但这封充满着爱与绝望的信件并没有回到故乡撒马尔罕,而是在路上走了1700多年,当它在敦煌附近的黄沙下再次被人发现的时候,世界上已经没有粟特人了,他信里的心事也被猜了好多年。谁也不能确切地知道那些世界上最聪明最富有的粟特人去了哪里,他们留给兰州和世界一个值得深思的大大的问号。与他们擦肩而过甚至结伴而行的似乎还有法显,玄奘等人西行求法,逗留兰州,在那里讲经说法。高适,岑参等诗人官员虽然公务繁忙匆匆路过金城却也留下了不少千古诗文,还有无数中原来淘金的冒险家在这里追逐着财富梦想。

兰州它就是这样的,轮番上演着不同的精彩纷呈,让人目不暇接,你方唱罢我登台。但是,它竟然似乎羡慕崇拜了几千年的漂亮姑娘却浑然不知自己就是一个美丽的女人。尽管它现在还在羡慕别人,穿的衣服也不怎么合身,但依旧掩盖不住它的独特气质和迷人的风情。正如你说的,在这里来一趟,能看到清的黄河,听到远古的声音,也是不亏的。但愿今年好运,但愿能早些带你回到老家去。桂丫,你咋不说话呢?你不高兴听?”

馨雅好似如梦惊醒:“哪里呀,在听呢,哥,你是从哪里知道这么多的?就像神话一样,让丫听听你心里还有什么。”

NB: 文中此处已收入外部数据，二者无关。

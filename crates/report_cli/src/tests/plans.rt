//! Work trees of which it is asked what may be removed, what an update of the submodules would do,
//! and what became of the index paths.
use crate::tests::{is_answered_as, tree};
use std::alloc::Global;
use worktree_fs::{MemoryWorktree, NewNode};

/// Words, a worktree with a setup at `/s`, and what is written.
pub struct Plan {
    /// What it shows.
    pub name: &'static str,
    pub words: &'static [&'static [u8]],
    pub nodes: &'static [(&'static [u8], NewNode<'static>)],
    pub setup: &'static [u8],
    pub out: &'static [u8],
}

const HEAD: NewNode<'static> = NewNode::File(b"ref: refs/heads/main\n");

const FILE: NewNode<'static> = NewNode::File(b"");

/// A checkout with a repository of its own, rules, a submodule, and files that the index does not
/// have.
const CHECKOUT: &[(&[u8], NewNode<'static>)] = &[
    (b"/w/.git/HEAD", HEAD),
    (b"/w/.git/objects", NewNode::Directory),
    (b"/w/.git/refs", NewNode::Directory),
    (b"/w/.git/modules/lib/HEAD", HEAD),
    (b"/w/.git/modules/lib/objects", NewNode::Directory),
    (b"/w/.git/modules/lib/refs", NewNode::Directory),
    (b"/w/.gitignore", NewNode::File(b"target/\n")),
    (b"/w/.gitmodules", FILE),
    (
        b"/w/lib/.git",
        NewNode::File(b"gitdir: ../.git/modules/lib\n"),
    ),
    (b"/w/notes/a", FILE),
    (b"/w/notes/b", FILE),
    (b"/w/src/main.c", FILE),
    (b"/w/target/x.o", FILE),
];

/// It asks for what a plan does not: for directories that are folded, and for what there is of
/// them.
const CHECKED_OUT: &[u8] =
    b"index 100644 0 - - .gitignore\nindex 100644 0 - - .gitmodules\nindex 160000 0 - - lib\nindex 100644 0 - - src/main.c\noption emit_untracked collapse\noption emit_ignored collapse\noption print_outcome yes\n";

const ALL: &[&[u8]] = &[b"clean", b"all", b"nonbare", b"/w", b"/s"];

const UNTRACKED: &[&[u8]] = &[b"clean", b"untracked", b"nonbare", b"/w", b"/s"];

const IGNORED: &[&[u8]] = &[b"clean", b"ignored", b"nonbare", b"/w", b"/s"];

/// What may be removed.
pub static CLEANED: [Plan; 8] = [
    Plan {
        name: "untracked and ignored directories of a checkout",
        words: ALL,
        nodes: CHECKOUT,
        setup: CHECKED_OUT,
        out: b"notes\ntarget\n",
    },
    Plan {
        name: "untracked directories alone",
        words: UNTRACKED,
        nodes: CHECKOUT,
        setup: CHECKED_OUT,
        out: b"notes\n",
    },
    Plan {
        name: "ignored directories alone",
        words: IGNORED,
        nodes: CHECKOUT,
        setup: CHECKED_OUT,
        out: b"target\n",
    },
    Plan {
        name: "what lies beside a precious file",
        words: ALL,
        nodes: &[(b"/w/d/key", FILE), (b"/w/d/x", FILE)],
        setup: b"global $key\noption precious yes\noption for_deletion nonbare\noption emit_untracked collapse\noption emit_ignored collapse\n",
        out: b"d/x\n",
    },
    Plan {
        name: "what lies in the current directory",
        words: ALL,
        nodes: &[(b"/w/d/x", FILE)],
        setup: b"global $key\noption precious yes\noption for_deletion nonbare\noption emit_untracked collapse\noption emit_ignored collapse\ncurrent_dir /w/d\n",
        out: b"d/x\n",
    },
    Plan {
        name: "what a path spec means",
        words: ALL,
        nodes: &[(b"/w/d/a1", FILE), (b"/w/d/b", FILE)],
        setup: b"spec d/a*\noption emit_untracked collapse\noption print_outcome yes\n",
        out: b"d/a1\n",
    },
    Plan {
        name: "a whole directory, for no path below it stays",
        words: ALL,
        nodes: &[(b"/w/d/e/x", FILE), (b"/w/d/y", FILE), (b"/w/d-z", FILE)],
        setup: b"",
        out: b"d\nd-z\n",
    },
    Plan {
        name: "what lies beside a repository",
        words: ALL,
        nodes: &[
            (b"/w/d/r/.git/HEAD", HEAD),
            (b"/w/d/r/.git/objects", NewNode::Directory),
            (b"/w/d/r/.git/refs", NewNode::Directory),
            (b"/w/d/x", FILE),
        ],
        setup: b"",
        out: b"d/x\n",
    },
];

const MODULES: &[&[u8]] = &[b"modules", b"/w", b"/s"];

const SUBMODULE: NewNode<'static> = NewNode::File(b"[submodule \"m\"]\npath = lib\nurl = u\n");

const URL: NewNode<'static> = NewNode::File(b"[submodule \"m\"]\nurl = u\n");

const LINK: NewNode<'static> = NewNode::File(b"gitdir: /g/m\n");

/// What makes the git directory that [`LINK`] leads to a whole one.
const LINKED_HEAD: (&[u8], NewNode<'static>) = (b"/g/m/HEAD", HEAD);

const LINKED_OBJECTS: (&[u8], NewNode<'static>) = (b"/g/m/objects", NewNode::Directory);

const LINKED_REFS: (&[u8], NewNode<'static>) = (b"/g/m/refs", NewNode::Directory);

const ADDED: &[u8] =
    b"index 100644 0 - - .gitmodules\nindex 160000 0 - - lib\noption emit_tracked yes\noption submodules yes\nconfig local /c\n";

const ADDED_ALONE: &[u8] =
    b"index 100644 0 - - .gitmodules\nindex 160000 0 - - lib\noption emit_tracked yes\noption submodules yes\n";

/// What an update of the submodules would do.
pub static UPDATED: [Plan; 6] = [
    Plan {
        name: "an active submodule is checked out",
        words: MODULES,
        nodes: &[
            (b"/w/.gitmodules", SUBMODULE),
            (b"/w/lib/.git", LINK),
            LINKED_HEAD,
            LINKED_OBJECTS,
            LINKED_REFS,
            (b"/c", URL),
        ],
        setup: ADDED,
        out: b"checkout\tlib\tm\n",
    },
    Plan {
        name: "an inactive one is left out",
        words: MODULES,
        nodes: &[
            (b"/w/.gitmodules", SUBMODULE),
            (b"/w/lib/.git", LINK),
            LINKED_HEAD,
            LINKED_OBJECTS,
            LINKED_REFS,
        ],
        setup: ADDED_ALONE,
        out: b"skip inactive\tm\n",
    },
    Plan {
        name: "a command that came with the repository is not run",
        words: MODULES,
        nodes: &[
            (
                b"/w/.gitmodules",
                NewNode::File(b"[submodule \"m\"]\npath = lib\nurl = u\nupdate = !x\n"),
            ),
            (b"/w/lib/.git", LINK),
            LINKED_HEAD,
            LINKED_OBJECTS,
            LINKED_REFS,
            (b"/c", URL),
        ],
        setup: ADDED,
        out: b"skip shared-command\tm\n",
    },
    Plan {
        name: "a command of a configuration is",
        words: MODULES,
        nodes: &[
            (b"/w/.gitmodules", SUBMODULE),
            (b"/w/lib/.git", LINK),
            LINKED_HEAD,
            LINKED_OBJECTS,
            LINKED_REFS,
            (
                b"/c",
                NewNode::File(b"[submodule \"m\"]\nurl = u\nupdate = !x\n"),
            ),
        ],
        setup: ADDED,
        out: b"command\tlib\tm\tx\n",
    },
    Plan {
        name: "a submodule in the place of a link is left out",
        words: MODULES,
        nodes: &[
            (b"/w/.gitmodules", SUBMODULE),
            (b"/w/lib", NewNode::Link(b"/g")),
            LINKED_HEAD,
            LINKED_OBJECTS,
            LINKED_REFS,
            (b"/c", URL),
        ],
        setup: ADDED,
        out: b"skip link\tm\n",
    },
    Plan {
        name: "a space in a name is escaped",
        words: MODULES,
        nodes: &[
            (
                b"/w/.gitmodules",
                NewNode::File(b"[submodule \"f g\"]\npath = lib\nurl = u\n"),
            ),
            (b"/w/lib/.git", LINK),
            LINKED_HEAD,
            LINKED_OBJECTS,
            LINKED_REFS,
            (b"/c", NewNode::File(b"[submodule \"f g\"]\nurl = u\n")),
        ],
        setup: ADDED,
        out: b"checkout\tlib\tf\\20g\n",
    },
];

const STATUS: &[&[u8]] = &[b"status", b"/w", b"/s"];

/// What became of the index paths, and the report.
pub static CHANGED: [Plan; 2] = [
    Plan {
        name: "files that are the same, modified and deleted",
        words: STATUS,
        nodes: &[
            (b"/w/a", FILE),
            (b"/w/b", NewNode::File(b"x")),
            (b"/w/u", FILE),
        ],
        setup: b"index 100644 0 - e69de29bb2d1d6434b8b29ae775ad8c2e48c5391 a\nindex 100644 0 - e69de29bb2d1d6434b8b29ae775ad8c2e48c5391 b\nindex 100644 0 - e69de29bb2d1d6434b8b29ae775ad8c2e48c5391 c\n",
        out: b"modified\tb\ndeleted\tc\nuntracked file - always - -\tu\n",
    },
    Plan {
        name: "a directory in the place of a file, and a link on the way",
        words: STATUS,
        nodes: &[
            (b"/w/a", NewNode::Directory),
            (b"/w/d", NewNode::Link(b"/x")),
        ],
        setup: b"index 100644 0 - e69de29bb2d1d6434b8b29ae775ad8c2e48c5391 a\nindex 100644 0 - e69de29bb2d1d6434b8b29ae775ad8c2e48c5391 d/t\n",
        out: b"typechanged\ta\ndeleted\td/t\nuntracked symlink directory always - -\td\n",
    },
];

/// Words that are none of a planner's, and how that is used.
static NO_PLANS: [(&[&[u8]], &[u8]); 7] = [
    (
        &[b"clean", b"all", b"/w", b"/s"],
        b"usage: clean untracked|all|ignored nonbare|all ROOT SETUP\n",
    ),
    (
        &[b"clean", b"all", b"bare", b"/w", b"/s"],
        b"usage: clean untracked|all|ignored nonbare|all ROOT SETUP\n",
    ),
    (
        &[b"clean", b"some", b"all", b"/w", b"/s"],
        b"usage: clean untracked|all|ignored nonbare|all ROOT SETUP\n",
    ),
    (&[b"modules", b"/w"], b"usage: modules ROOT SETUP\n"),
    (
        &[b"composed", b"modules", b"/w", b"/s"],
        b"usage: modules ROOT SETUP\n",
    ),
    (&[b"status", b"w", b"/s"], b"usage: status ROOT SETUP\n"),
    (
        &[b"status", b"/w", b"/s", b"/s"],
        b"usage: status ROOT SETUP\n",
    ),
];

/// Whether each of these is answered by how it is used.
pub fn wrong_words_show_usages(alloc: Global) -> bool {
    let mut tree = MemoryWorktree::new(alloc, false);
    for (words, usage) in NO_PLANS {
        if !is_answered_as(alloc, words, &mut tree, (2, b"", usage)) {
            return false;
        }
    }
    true
}

/// Whether a plan's words are answered as it says, in one order of listing.
fn plan_is_answered_as_expected(alloc: Global, plan: &Plan, reversed: bool) -> bool {
    match tree(alloc, plan.nodes, plan.setup) {
        Ok(mut tree) => {
            tree.set_listing_reversed(reversed);
            is_answered_as(alloc, plan.words, &mut tree, (0, plan.out, b""))
        }
        Err(_) => false,
    }
}

/// The name of the first plan that is answered otherwise, in one order of listing or the other.
pub fn first_failing_plan(alloc: Global, plans: &[Plan]) -> Option<&'static str> {
    for plan in plans {
        if !plan_is_answered_as_expected(alloc, plan, false)
            || !plan_is_answered_as_expected(alloc, plan, true)
        {
            return Some(plan.name);
        }
    }
    None
}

文雍看着她的样子,心里生出许多感慨,悠然说道:“桂丫,等我们以后老了,我就把我们的一生写成一篇长长诗文,让后世儿孙们都知道我们的故事。”

馨雅似乎还在神飞天外,痴痴地附和文雍说:“嗯,那题目就叫桂馨雅传奇,要把我写得重要些漂亮些,不能给人笑话。”

文雍顺着夸她:“咱家桂丫本来就是最重要也最漂亮的,只怕是我墨水浅了,写不出你的好来,经后有空了我还得经常练练才行。”

……

不知不觉间两人早就依偎在一起,望着远处的皋兰山,说着人间亘古不变动人的情话,憧憬着未来的日子。

文雍和馨雅在这个春节,还去了五泉山,河口古镇和刘家峡,在困顿中尝试着寻找一些生活的亮色,努力让生命厚实饱满,让活着的自己多一些温暖和漂亮。这是他们唯一的一次郊游兰州。